**PROBLEM TO SOLVE:**
Take the entries below and print only the lines from the one with "for at in 0..count" through the one with "fn stands_in(target: Target, others: &[Target])", exactly as they stand, both ends included.

INPUT MATERIAL Block Start

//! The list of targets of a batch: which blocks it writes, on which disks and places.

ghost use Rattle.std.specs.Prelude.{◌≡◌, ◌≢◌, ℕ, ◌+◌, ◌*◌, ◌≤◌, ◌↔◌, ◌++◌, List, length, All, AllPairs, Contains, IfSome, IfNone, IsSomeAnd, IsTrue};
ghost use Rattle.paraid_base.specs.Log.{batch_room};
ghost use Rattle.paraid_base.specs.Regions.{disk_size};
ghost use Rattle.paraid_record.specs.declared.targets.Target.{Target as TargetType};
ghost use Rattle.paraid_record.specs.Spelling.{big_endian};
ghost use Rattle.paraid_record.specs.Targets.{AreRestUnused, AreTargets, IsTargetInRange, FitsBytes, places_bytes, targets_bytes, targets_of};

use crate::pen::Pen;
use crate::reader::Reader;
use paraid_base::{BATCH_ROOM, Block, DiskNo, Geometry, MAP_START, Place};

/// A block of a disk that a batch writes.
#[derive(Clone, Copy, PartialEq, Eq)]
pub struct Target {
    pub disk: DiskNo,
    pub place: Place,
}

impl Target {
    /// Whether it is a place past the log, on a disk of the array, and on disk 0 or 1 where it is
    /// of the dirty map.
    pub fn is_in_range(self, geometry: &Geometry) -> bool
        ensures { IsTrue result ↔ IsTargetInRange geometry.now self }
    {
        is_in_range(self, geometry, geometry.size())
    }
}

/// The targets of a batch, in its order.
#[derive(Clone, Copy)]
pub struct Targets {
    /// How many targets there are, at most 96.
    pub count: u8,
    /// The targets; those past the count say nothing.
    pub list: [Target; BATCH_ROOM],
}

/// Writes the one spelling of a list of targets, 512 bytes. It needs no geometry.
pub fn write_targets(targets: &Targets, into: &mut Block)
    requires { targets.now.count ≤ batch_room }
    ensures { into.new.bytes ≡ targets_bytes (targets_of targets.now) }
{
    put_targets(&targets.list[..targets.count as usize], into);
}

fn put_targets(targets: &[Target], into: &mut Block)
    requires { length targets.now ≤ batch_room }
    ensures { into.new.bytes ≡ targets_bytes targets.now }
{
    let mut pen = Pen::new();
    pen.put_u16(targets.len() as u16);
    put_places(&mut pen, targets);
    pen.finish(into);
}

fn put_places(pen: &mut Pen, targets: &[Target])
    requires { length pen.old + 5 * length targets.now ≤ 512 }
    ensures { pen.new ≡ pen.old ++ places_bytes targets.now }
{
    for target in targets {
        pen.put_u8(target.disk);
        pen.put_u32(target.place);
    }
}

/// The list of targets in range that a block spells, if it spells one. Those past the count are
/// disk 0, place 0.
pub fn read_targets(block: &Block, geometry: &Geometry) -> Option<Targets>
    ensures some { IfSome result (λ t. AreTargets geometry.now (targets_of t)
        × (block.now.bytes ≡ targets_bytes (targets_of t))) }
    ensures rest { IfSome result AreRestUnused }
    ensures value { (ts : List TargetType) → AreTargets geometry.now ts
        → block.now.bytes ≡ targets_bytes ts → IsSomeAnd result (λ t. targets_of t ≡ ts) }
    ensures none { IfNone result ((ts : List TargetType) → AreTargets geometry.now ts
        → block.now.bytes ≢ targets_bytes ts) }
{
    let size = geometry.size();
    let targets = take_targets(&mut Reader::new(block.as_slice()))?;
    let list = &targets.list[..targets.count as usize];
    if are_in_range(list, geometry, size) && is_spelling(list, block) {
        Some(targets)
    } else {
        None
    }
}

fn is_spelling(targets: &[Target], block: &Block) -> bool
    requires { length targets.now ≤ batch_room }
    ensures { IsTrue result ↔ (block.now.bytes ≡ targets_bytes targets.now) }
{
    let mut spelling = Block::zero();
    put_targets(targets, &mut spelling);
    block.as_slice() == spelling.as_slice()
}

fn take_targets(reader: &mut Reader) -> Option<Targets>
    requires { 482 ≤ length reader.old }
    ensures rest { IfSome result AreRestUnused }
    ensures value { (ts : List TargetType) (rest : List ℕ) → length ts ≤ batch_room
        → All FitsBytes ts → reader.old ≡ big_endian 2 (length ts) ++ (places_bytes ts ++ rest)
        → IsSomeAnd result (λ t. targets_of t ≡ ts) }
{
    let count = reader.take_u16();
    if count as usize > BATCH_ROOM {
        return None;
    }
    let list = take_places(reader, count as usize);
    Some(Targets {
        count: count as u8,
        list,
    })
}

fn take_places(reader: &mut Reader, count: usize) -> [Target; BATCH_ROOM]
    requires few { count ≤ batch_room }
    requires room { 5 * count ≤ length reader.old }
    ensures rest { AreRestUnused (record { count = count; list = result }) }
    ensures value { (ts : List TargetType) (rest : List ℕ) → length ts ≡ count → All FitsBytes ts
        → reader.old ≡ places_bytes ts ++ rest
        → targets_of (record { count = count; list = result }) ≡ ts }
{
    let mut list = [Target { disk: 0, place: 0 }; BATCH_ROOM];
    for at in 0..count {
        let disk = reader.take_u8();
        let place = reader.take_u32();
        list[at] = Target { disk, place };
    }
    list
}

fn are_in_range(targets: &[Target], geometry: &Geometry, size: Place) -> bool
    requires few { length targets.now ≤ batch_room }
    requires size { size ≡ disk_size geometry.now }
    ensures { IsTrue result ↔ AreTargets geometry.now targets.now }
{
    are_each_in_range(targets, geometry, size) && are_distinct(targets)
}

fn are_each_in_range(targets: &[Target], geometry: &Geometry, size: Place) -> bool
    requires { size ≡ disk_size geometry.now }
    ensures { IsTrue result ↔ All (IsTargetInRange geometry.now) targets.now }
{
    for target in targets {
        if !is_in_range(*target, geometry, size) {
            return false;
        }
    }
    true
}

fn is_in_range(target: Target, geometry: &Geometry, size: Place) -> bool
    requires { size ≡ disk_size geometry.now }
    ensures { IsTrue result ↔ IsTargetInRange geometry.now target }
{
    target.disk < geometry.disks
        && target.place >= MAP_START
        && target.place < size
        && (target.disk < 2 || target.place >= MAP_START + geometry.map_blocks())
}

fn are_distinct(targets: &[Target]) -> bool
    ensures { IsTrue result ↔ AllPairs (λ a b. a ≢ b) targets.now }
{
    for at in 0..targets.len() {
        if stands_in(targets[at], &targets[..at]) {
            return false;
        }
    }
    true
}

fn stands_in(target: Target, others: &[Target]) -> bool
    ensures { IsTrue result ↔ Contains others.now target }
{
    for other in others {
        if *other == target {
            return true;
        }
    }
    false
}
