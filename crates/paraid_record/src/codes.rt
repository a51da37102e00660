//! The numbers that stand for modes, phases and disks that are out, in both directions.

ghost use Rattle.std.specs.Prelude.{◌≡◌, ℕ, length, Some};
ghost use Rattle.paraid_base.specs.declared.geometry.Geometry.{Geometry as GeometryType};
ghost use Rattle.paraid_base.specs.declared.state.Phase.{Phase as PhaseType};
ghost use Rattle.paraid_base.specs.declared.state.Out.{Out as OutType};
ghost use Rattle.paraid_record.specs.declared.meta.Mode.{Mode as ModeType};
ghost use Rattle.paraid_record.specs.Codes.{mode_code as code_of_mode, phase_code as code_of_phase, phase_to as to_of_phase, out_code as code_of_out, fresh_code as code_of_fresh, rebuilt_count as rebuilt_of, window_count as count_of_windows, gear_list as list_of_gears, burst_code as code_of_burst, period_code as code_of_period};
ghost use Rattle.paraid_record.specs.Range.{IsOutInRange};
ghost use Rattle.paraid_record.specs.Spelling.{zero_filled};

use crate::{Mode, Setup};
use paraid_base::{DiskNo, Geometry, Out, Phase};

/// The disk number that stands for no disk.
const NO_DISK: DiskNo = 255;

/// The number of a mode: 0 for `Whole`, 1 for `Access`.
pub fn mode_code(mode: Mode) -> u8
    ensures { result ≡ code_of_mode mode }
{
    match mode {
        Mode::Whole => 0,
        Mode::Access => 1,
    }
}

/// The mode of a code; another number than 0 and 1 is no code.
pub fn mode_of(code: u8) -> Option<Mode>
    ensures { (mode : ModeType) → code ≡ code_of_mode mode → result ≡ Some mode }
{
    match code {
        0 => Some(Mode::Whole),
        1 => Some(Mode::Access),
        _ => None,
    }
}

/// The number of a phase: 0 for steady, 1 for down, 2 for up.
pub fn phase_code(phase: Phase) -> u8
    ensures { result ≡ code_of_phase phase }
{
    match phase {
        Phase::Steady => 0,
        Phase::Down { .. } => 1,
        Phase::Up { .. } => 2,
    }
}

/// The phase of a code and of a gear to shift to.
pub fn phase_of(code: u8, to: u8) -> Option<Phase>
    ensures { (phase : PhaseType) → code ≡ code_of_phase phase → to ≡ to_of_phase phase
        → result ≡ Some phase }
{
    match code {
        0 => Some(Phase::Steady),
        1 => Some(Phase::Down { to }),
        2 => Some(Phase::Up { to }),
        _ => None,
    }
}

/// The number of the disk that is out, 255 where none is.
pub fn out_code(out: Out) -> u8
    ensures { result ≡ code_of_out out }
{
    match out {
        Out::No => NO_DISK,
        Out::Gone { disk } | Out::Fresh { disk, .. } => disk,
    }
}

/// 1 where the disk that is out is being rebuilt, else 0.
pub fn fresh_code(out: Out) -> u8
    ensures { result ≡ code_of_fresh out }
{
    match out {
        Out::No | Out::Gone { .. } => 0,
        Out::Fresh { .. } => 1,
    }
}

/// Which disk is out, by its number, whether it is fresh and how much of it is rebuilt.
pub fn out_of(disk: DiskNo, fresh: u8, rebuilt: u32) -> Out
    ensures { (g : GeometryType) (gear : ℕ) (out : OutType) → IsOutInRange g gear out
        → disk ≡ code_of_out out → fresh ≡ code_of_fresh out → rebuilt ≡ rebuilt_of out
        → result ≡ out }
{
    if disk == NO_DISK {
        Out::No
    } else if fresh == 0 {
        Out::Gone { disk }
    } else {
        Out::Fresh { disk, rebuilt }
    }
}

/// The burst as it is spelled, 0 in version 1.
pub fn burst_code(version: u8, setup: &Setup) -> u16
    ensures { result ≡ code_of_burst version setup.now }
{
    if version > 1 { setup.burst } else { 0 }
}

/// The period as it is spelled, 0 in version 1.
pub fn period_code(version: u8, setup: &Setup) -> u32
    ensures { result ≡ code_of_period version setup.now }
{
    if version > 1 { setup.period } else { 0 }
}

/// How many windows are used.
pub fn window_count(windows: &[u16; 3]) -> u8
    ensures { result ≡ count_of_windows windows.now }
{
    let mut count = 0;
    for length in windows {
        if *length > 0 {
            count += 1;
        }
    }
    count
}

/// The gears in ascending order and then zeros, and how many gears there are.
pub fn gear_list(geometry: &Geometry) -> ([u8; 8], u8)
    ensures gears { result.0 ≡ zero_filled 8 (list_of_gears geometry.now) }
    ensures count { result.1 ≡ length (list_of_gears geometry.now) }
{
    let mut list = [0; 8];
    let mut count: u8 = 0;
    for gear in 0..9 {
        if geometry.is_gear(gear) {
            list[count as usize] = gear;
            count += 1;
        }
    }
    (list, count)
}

INPUT MATERIAL Block End

**RESPONSE:**
    for at in 0..count {
        let disk = reader.take_u8();
        let place = reader.take_u32();
        list[at] = Target { disk, place };
    }
    list
}

fn are_in_range(targets: &[Target], geometry: &Geometry, size: Place) -> bool
    requires few { length targets.now ≤ batch_room }
    requires size { size ≡ disk_size geometry.now }
    ensures { IsTrue result ↔ AreTargets geometry.now targets.now }
{
    are_each_in_range(targets, geometry, size) && are_distinct(targets)
}

fn are_each_in_range(targets: &[Target], geometry: &Geometry, size: Place) -> bool
    requires { size ≡ disk_size geometry.now }
    ensures { IsTrue result ↔ All (IsTargetInRange geometry.now) targets.now }
{
    for target in targets {
        if !is_in_range(*target, geometry, size) {
            return false;
        }
    }
    true
}

fn is_in_range(target: Target, geometry: &Geometry, size: Place) -> bool
    requires { size ≡ disk_size geometry.now }
    ensures { IsTrue result ↔ IsTargetInRange geometry.now target }
{
    target.disk < geometry.disks
        && target.place >= MAP_START
        && target.place < size
        && (target.disk < 2 || target.place >= MAP_START + geometry.map_blocks())
}

fn are_distinct(targets: &[Target]) -> bool
    ensures { IsTrue result ↔ AllPairs (λ a b. a ≢ b) targets.now }
{
    for at in 0..targets.len() {
        if stands_in(targets[at], &targets[..at]) {
            return false;
        }
    }
    true
}

fn stands_in(target: Target, others: &[Target]) -> bool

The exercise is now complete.